只叫劉中禮和竇固進來,看著這一對佳兒佳婦,她臉上才有些欣慰的笑容,囑咐說:「中禮,你平日要多謙讓些,人生百年哪有那麼多過不去的事?」
劉中禮和竇固兩個都一一答應,郭主沒有什麼話囑咐了,只拉這郭聖通的手不肯放,「我們都是要回河北去的,孩子們大了也各自去了,你一個人在洛陽可怎麼好?」念著這話心裡割捨不斷,空嘆了一聲,當夜薨逝了。
郭聖通只怨自己一生都讓母親為自己懸心,臨死也還在牽掛。郭況同她商量扶靈回鄉與父親合葬的事兒,劉秀聽了又想起郭主臨終念念不忘的話,看著郭聖通容顏憔悴身影單薄更加不捨得。這一生的分開已經是定局了,難道來世還要一個南一個北嗎?
建武二十六年,郭聖通的母親郭主去世。劉秀親臨送葬,百官大會。同時,劉秀命人將郭聖通的父親郭昌由真定郭氏祖墳迎至洛陽,與郭主合葬。並贈予郭昌陽安侯印綬,諡號為思。
北邙之上墓高嵯峨,蒼翠如雲。登山遠望,伊洛二川盡收眼底。夕陽暮色群山都鍍上了一層金色,劉秀與郭聖通送葬完畢,一起立在山間。
「通兒你可有什麼話對我說呢?」
郭聖通望著遠處落霞歸鴻,終究無話可說。
劉秀指著南方,「那是我的原陵,不多遠,我知道母親放心不下你,我也放心不下你,天地之間你無父無母,孤身一人長眠地下。

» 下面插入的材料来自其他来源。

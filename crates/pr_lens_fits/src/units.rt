//! Units that are too many.

ghost use Rattle.std.specs.Prelude.{◌≡◌, ◌<◌, ◌↔◌, IfOk, IsFalse, IsTrue, ⊤};
ghost use Rattle.pr_base.specs.declared.caps.Cap.{Cap};
ghost use Rattle.pr_lens_fits.specs.Targets.{HasFewUnits, HasFewUnitsBefore, HasManyUnits, IsManyUnitsWith};
ghost use Rattle.pr_lens_fits.specs.Unfits.{PassesLimit};

use crate::ready::ready_in;
use crate::targets::with_output;
use pr_base::Cap;
use pr_cut_plan::{CutFault, plan_of};
use pr_lens_find::{Question, item_with};
use pr_lens_source::Source;
use std::alloc::{AllocError, Global};

/// Whether a limit is that of units.
fn is_units(cap: Cap) -> bool
    ensures { IsTrue result ↔ (cap ≡ Cap.Units) }
{
    match cap {
        Cap::Units => true,
        _ => false,
    }
}

/// Whether the net of a text has too many units.
fn has_many_units(alloc: Global, text: &[u8], narrowed: bool) -> Result<bool, AllocError>
    ensures many { IfOk result (λ many. IsTrue many → PassesLimit 64 narrowed text.now Cap.Units) }
    ensures few { IfOk result (λ many. IsFalse many → HasFewUnits narrowed text.now) }
{
    if text.len() > Cap::MOST_PROGRAM_BYTES {
        return Ok(false);
    }
    let Some((flat, widths)) = ready_in(alloc, text, narrowed)? else {
        return Ok(false);
    };
    match plan_of(alloc, &flat, &widths, 64) {
        Ok(_) => Ok(false),
        Err(CutFault::Limit(cap)) => Ok(is_units(cap)),
        Err(CutFault::Memory(error)) => Err(error),
    }
}

/// Whether so many items have too many units, with what the last of them assigns as an output more.
fn has_many_before(
    alloc: Global,
    source: &Source,
    narrowed: bool,
    items: usize,
) -> Result<bool, AllocError>
    ensures many { let source = source.now in IfOk result (λ many. IsTrue many →
        HasManyUnits narrowed source.text.now source.tokens.now source.spans.now items) }
    ensures few { let source = source.now in IfOk result (λ many. IsFalse many →
        HasFewUnitsBefore narrowed source.text.now source.tokens.now source.spans.now items) }
{
    let text = with_output(alloc, source, items)?;
    has_many_units(alloc, &text, narrowed)
}

/// Whether so many items have too many units.
#[derive(Clone, Copy)]
struct Crowds<'a> {
    source: Source<'a>,
    narrowed: bool,
}

impl<'a> Question for Crowds<'a> {
    ghost can_ask = { λ s. ⊤ };

    ghost yes = { λ s count.
        HasManyUnits s.narrowed s.source.text.now s.source.tokens.now s.source.spans.now count };

    ghost no = { λ s count. 0 < count →
        HasFewUnitsBefore s.narrowed s.source.text.now s.source.tokens.now s.source.spans.now count };

    fn ask(&self, alloc: Global, count: usize) -> Result<bool, AllocError> {
        has_many_before(alloc, &self.source, self.narrowed, count)
    }
}

/// An item with which the program has too many units, where it has not without it and those behind it; the number of
/// items where it has not.
pub fn units_item(alloc: Global, source: &Source, narrowed: bool) -> Result<usize, AllocError>
    ensures { IfOk result
        (IsManyUnitsWith narrowed source.now.text.now source.now.tokens.now source.now.spans.now) }
{
    let crowds = Crowds {
        source: *source,
        narrowed,
    };
    item_with(alloc, &crowds, source.spans.len())
}
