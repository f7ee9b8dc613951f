//! Programs that are too large for a fabric: which of their units fits nowhere, and with which of their items a limit
//! is passed.
#![tactic(auto)]

mod cells;
mod ends;
mod groups;
mod kept;
mod makers;
mod nets;
mod ready;
mod targets;
mod units;

pub use cells::{cells_in, cells_of, group_ending};
pub use ends::{input_item, output_item};
pub use groups::{Unfit, find_unfit};
pub use makers::{first_unit, width_at};
pub use nets::plan_and_net;
pub use ready::{read_front, ready_in, ready_of};
pub use units::units_item;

若有來生你我應該很早就會相識了吧?」
「若有來生,你想做什麼?」郭聖通問。
「若有來生,我也想生在太平盛世王侯公府,華衣錦服走馬章臺。」
郭聖通淚水漣漣,「文叔,我這一生並沒有什麼錯的。我喜歡楊柳樹下的你,也喜歡夏日庭下的你,喜歡你送我的紡織娘,喜歡你帶給我的蓮蓬,喜歡你半夜給我倒水,喜歡南陽劉文叔,河北大司馬,邯鄲的蕭王,有人曾經叫我眼前恩情不要信。這一生的榮華擺在眼前我怎能不信?這滿門的富貴我怎能不信?但是若有來生我不要這些王權富貴,我掀開簾子再看見那枝柳,無論是誰一定跟他走,前程後路我都不問。」
夕陽西下,日暮黃昏,劉秀覺得他們一生的路走到這裡也就完了,英雄老矣,美人遲暮。
建武二十八年的春天,郭聖通一病就再也沒有起來,劉秀和子女都早晚來看她,問醫問藥,奈何藥石無醫,眼看一天天的消瘦下去。劉陽,劉輔,劉中禮都有了子女,郭聖通讓他們回家看孩子不要在自己這裡守著病人。
獨劉紅夫是可以不回家的人,夜裡陪錦成她們守著郭聖通。立了夏,夜裡蟬聲蛙聲一片聽得人更加寂寥,郭聖通讓人開了窗子明月清風繁星滿天,她忽然有了精神下了塌,對錦成說,「我想去柳蔭裡坐坐。」